Un autre technique de l’époque fut celle des bronzes vernis ou « mis en couleur d’or ». Les néophytes appellent faussement ces pièces « bronzes dorés ». Elles étaient reprises au sortir de la fonte (la « réparure »), puis étaient plongées dans de l’eau-forte (de l’acide). On les terminait en les recouvrant d’un vernis protecteur.
Le XIXe siècle verra l’apparition de la dorure par électrolyse, inventée en 1827 et qui est souvent trop brillante et sans nuances. Son avantage était l’absence de vapeurs toxiques pour les artisans.
Authenticité :
Un bagage théorique est évidemment nécessaire. Mais comme dans tout domaine des antiquités, il faut avoir vu énormément de pièces, les avoir comparées, touchées… apprendre à « sentir » l’objet avant de pouvoir donner un avis sur l’authenticité d’un bronze doré.

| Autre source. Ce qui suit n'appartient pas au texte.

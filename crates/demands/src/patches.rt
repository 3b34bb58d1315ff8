// Patches: fields of the records that are set anew, to values that a reader may never give.
use crate::input::read_array;
use site::{Cluster, Flow, Site};
use std::io;
use std::io::Read;

// A field of a cluster; a byte of the tag stands at the patch's place.
#[derive(Clone, Copy)]
enum ClusterField {
    Parent,
    Order,
    TagLength,
    TagByte,
}

// A field of a flow.
#[derive(Clone, Copy)]
enum FlowField {
    Source,
    Sink,
    Period,
    Deadline,
}

// A field of the records.
#[derive(Clone, Copy)]
enum Field {
    ClusterCount,
    FlowCount,
    Cluster(ClusterField),
    Flow(FlowField),
}

// The numbers are the places in FIELDS of tests/site_building.py, and each greater one is taken for
// the last.
impl From<u8> for Field {
    fn from(kind: u8) -> Self {
        match kind {
            0 => Field::ClusterCount,
            1 => Field::FlowCount,
            2 => Field::Cluster(ClusterField::Parent),
            3 => Field::Cluster(ClusterField::Order),
            4 => Field::Cluster(ClusterField::TagLength),
            5 => Field::Cluster(ClusterField::TagByte),
            6 => Field::Flow(FlowField::Source),
            7 => Field::Flow(FlowField::Sink),
            8 => Field::Flow(FlowField::Period),
            _ => Field::Flow(FlowField::Deadline),
        }
    }
}

// Which field of which record, and for a byte of a tag at which place, is set to what.
#[derive(Clone, Copy)]
struct Patch {
    field: Field,
    index: usize,
    place: usize,
    value: u32,
}

// The patch of a line of 14 digits and LF.
impl From<[u8; 15]> for Patch {
    fn from(line: [u8; 15]) -> Self {
        Patch {
            field: Field::from(hexline::byte_at(&line, 0)),
            index: usize::from(hexline::byte_at(&line, 1)),
            place: usize::from(hexline::byte_at(&line, 2)),
            value: hexline::number_at(&line, 3, 4) as u32,
        }
    }
}

impl Patch {
    // What it sets a field of one byte to.
    fn byte(&self) -> u8 {
        (self.value & 0xff) as u8
    }

    // What it sets a field of two bytes to.
    fn two_bytes(&self) -> u16 {
        (self.value & 0xffff) as u16
    }

    fn set_in_cluster(&self, cluster: &mut Cluster, field: ClusterField) {
        match field {
            ClusterField::Parent => cluster.parent = self.byte(),
            ClusterField::Order => cluster.order = self.byte(),
            ClusterField::TagLength => cluster.tag.len = self.byte(),
            ClusterField::TagByte => {
                if let Some(byte) = cluster.tag.bytes.get_mut(self.place) {
                    *byte = self.byte();
                }
            }
        }
    }

    fn set_in_flow(&self, flow: &mut Flow, field: FlowField) {
        match field {
            FlowField::Source => flow.source = self.two_bytes(),
            FlowField::Sink => flow.sink = self.two_bytes(),
            FlowField::Period => flow.period = self.value,
            FlowField::Deadline => flow.deadline = self.value,
        }
    }

    // Sets the field anew. A patch of a record that is not there changes nothing.
    fn apply(&self, site: &mut Site) {
        match self.field {
            Field::ClusterCount => site.cluster_count = self.byte(),
            Field::FlowCount => site.flow_count = self.byte(),
            Field::Cluster(field) => {
                if let Some(cluster) = site.clusters.get_mut(self.index) {
                    self.set_in_cluster(cluster, field);
                }
            }
            Field::Flow(field) => {
                if let Some(flow) = site.flows.get_mut(self.index) {
                    self.set_in_flow(flow, field);
                }
            }
        }
    }
}

// Sets fields anew by so many patches from the input, one after another; by fewer where it ends.
pub fn read_patches(input: &mut impl Read, site: &mut Site, count: usize) -> io::Result<()> {
    for _ in 0..count {
        let Some(line) = read_array(input)? else {
            break;
        };
        Patch::from(line).apply(site);
    }
    Ok(())
}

Quelques éléments peuvent guider. Les bronzes dorés français du XVIIIe sont en général plus légers et moins épais que ceux du XIXe, par souci d’économie et aussi parce qu’il est plus difficile de produire un bronze fin qu’un épais, le même principe, fin et épais vaut pour le mobilier.
L’harmonie, l’équilibre des formes, la nervosité de la ciselure sont autant de facteurs déterminants.
Il existe de nombreux surmoulages d’époque, à partir d’un modèle à succès que les marchands merciers commercialisaient aisément.
Ces pièces sont à considérées comme authentiques. Les redorures aussi étaient fréquentes.
La connaissance des systèmes de fixations a également son importance : des vis filetées de manière inégale, des écrous non symétriques sont des indices d’une fabrication au XVIIIe.
Quelques grands noms de bronziers français : Philippe Caffiéri, Jacques Caffiéri, Jean Joseph de Saint-Germain, François Rémond, Pierre Gouthière, Jean-Claude Duplessis (né en Italie), la lignée des Feuchère, Pierre-Philippe Thomire……
Conservation et entretien :
S’il s’agit d’une pendule, le globe de verre convient parfaitement.
En-dehors de réparations nécessitant l’intervention d’ateliers spécialisés, l’amateur peut nettoyer lui-même ses bronzes dorés.
Supposons un bureau plat garni d’espagnolettes. On démonte celles-ci, ainsi que toutes les autres parties en bronze doré. On les passe à l’eau savonneuse, du savon de Marseille auquel certains ajoutent une dose d’ammoniaque, avec une brosse douce et une brosse à dents pour les fins interstices.
On rince à l’eau tiède et on essuie avec un chiffon qui ne peluche pas. Le sèche-cheveux sera utile pour les endroits inaccessibles. Remonter, c’est terminé ! Ce nettoyage basique vaudra dans la plupart des cas beaucoup mieux que certaines « remises à neuf » de bronzes dorés qui peuvent les dénaturer complètement.
En conclusion : le domaine des bronzes dorés est passionnant, d’autant qu’il reste beaucoup à découvrir, et que de nombreuses énigmes titillent la perspicacité des chercheurs.